Going through the entries below, count each line that holds "which" and give only the total.
┄┄┄┄┄┄┄┄┄┄┄┄┄┄┄┄┄┄┄┄
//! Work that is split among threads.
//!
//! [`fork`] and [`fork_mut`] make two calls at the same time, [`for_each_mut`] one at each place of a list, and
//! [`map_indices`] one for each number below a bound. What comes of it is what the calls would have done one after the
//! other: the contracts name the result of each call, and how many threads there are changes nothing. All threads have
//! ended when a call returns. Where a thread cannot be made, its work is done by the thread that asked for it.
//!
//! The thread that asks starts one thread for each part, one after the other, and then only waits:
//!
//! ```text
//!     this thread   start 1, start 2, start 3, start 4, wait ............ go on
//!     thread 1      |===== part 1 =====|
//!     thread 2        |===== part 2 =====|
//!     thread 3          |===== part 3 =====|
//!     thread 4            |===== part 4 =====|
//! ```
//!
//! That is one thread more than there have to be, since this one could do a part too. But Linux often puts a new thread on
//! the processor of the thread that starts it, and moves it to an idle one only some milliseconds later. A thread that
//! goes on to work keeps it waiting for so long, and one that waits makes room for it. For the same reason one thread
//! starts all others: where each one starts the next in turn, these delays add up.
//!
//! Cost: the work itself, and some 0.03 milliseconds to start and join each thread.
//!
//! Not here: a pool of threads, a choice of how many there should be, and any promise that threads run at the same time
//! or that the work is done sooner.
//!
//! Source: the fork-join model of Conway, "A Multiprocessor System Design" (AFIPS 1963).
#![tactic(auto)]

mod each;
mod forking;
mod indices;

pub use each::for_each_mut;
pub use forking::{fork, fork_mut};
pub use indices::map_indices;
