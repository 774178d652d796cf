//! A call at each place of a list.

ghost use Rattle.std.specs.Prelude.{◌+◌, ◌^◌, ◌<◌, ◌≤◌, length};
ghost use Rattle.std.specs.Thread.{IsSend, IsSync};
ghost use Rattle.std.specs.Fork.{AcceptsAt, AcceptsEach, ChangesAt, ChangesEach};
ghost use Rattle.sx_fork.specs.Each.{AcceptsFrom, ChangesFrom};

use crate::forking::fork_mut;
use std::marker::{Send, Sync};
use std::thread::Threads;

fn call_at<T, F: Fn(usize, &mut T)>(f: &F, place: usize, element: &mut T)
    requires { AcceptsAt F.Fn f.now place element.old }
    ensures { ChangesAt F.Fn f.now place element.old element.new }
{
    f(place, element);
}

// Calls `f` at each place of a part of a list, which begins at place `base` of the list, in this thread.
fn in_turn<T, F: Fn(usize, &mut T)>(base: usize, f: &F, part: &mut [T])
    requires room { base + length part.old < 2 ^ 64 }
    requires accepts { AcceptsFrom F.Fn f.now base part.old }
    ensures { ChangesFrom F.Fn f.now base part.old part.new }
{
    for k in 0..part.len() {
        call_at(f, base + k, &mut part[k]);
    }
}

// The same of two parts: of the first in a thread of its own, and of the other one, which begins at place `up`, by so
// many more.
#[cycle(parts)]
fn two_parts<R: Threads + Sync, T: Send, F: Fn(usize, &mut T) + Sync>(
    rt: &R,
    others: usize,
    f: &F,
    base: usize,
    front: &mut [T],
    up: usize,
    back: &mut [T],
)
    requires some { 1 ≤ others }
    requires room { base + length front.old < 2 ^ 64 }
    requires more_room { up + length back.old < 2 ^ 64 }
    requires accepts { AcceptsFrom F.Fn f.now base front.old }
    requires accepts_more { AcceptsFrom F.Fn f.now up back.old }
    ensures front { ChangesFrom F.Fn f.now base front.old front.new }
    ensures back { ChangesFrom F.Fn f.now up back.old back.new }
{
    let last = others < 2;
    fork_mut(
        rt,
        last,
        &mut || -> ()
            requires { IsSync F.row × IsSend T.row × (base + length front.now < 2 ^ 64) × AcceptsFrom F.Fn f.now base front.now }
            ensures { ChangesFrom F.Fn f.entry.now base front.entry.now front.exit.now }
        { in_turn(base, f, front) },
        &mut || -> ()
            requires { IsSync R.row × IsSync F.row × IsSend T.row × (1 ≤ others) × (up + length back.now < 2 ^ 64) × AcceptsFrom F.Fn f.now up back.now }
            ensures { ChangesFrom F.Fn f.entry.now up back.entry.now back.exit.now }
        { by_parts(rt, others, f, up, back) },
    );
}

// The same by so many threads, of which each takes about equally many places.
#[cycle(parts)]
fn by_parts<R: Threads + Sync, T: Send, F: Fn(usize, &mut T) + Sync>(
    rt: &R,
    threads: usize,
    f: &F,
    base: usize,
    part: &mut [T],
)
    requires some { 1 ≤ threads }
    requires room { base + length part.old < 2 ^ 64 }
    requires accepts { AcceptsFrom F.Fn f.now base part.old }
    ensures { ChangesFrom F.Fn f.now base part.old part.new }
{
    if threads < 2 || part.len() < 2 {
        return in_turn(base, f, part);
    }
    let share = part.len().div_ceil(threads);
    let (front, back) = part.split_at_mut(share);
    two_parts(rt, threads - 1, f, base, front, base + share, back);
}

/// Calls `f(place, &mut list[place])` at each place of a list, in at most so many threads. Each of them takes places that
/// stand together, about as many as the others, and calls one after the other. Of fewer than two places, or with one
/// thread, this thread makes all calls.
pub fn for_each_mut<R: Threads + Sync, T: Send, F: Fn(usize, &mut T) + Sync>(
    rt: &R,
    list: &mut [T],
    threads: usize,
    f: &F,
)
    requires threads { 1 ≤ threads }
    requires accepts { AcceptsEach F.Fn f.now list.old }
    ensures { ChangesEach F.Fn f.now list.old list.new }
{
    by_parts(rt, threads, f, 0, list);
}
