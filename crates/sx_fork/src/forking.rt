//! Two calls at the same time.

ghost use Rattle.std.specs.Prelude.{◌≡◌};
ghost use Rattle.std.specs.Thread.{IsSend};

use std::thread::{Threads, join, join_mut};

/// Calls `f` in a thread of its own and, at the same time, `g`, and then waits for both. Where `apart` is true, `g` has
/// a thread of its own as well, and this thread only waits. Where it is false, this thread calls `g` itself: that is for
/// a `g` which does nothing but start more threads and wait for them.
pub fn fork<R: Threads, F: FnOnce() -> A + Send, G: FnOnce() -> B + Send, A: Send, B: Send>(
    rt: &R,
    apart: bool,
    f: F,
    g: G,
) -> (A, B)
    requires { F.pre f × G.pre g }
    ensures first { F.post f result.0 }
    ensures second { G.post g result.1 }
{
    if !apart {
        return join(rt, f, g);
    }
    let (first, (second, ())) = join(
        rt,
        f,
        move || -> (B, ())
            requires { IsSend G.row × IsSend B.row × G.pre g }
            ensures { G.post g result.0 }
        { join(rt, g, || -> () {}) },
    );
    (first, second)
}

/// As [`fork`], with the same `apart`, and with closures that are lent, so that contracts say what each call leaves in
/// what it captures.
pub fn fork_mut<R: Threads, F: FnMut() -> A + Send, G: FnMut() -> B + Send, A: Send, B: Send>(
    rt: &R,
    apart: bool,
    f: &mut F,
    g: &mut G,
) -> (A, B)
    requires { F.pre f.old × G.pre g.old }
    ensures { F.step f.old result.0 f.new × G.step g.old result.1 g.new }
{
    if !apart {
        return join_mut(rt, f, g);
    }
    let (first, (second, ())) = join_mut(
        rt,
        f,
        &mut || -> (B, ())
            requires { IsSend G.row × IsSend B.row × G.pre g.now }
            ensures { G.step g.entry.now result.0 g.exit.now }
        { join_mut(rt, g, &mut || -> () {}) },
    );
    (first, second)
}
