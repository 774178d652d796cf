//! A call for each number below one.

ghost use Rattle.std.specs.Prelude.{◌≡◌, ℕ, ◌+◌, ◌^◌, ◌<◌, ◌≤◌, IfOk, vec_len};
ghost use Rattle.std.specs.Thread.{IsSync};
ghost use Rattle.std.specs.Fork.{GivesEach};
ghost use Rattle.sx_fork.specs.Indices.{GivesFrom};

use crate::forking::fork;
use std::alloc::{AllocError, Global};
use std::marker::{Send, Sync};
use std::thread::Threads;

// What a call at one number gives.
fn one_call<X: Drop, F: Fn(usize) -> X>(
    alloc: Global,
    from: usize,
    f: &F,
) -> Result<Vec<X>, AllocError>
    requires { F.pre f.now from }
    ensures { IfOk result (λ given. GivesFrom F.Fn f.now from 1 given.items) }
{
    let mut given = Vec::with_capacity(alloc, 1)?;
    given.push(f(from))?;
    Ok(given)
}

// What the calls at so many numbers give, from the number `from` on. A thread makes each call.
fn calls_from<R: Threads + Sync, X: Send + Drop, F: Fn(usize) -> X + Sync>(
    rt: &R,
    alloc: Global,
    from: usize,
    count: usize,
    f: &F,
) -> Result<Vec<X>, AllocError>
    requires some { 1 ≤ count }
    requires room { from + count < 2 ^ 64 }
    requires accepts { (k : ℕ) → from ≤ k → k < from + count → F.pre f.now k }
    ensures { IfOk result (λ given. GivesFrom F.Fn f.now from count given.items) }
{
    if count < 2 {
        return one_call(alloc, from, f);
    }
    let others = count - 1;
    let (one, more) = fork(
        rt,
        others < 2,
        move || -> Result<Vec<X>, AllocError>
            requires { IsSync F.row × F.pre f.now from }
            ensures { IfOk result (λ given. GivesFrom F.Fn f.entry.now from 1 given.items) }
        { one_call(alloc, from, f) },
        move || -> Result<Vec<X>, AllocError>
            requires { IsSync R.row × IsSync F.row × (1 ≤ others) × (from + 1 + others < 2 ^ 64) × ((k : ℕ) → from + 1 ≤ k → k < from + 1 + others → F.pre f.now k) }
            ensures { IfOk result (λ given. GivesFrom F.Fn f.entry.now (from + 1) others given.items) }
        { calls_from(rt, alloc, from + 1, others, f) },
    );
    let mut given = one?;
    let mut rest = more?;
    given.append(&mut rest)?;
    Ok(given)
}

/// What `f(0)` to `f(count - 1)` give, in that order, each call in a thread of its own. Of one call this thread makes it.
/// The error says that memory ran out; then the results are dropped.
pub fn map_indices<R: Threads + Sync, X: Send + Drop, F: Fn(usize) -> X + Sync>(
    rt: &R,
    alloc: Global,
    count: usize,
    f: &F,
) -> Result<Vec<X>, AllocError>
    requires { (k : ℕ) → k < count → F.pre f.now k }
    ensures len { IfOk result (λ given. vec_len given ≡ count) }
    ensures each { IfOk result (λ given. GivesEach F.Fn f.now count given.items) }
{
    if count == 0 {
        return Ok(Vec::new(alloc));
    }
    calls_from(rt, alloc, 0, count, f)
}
┄┄┄┄┄┄┄┄┄┄┄┄┄┄┄┄┄┄┄┄
▶ Exercise result:
4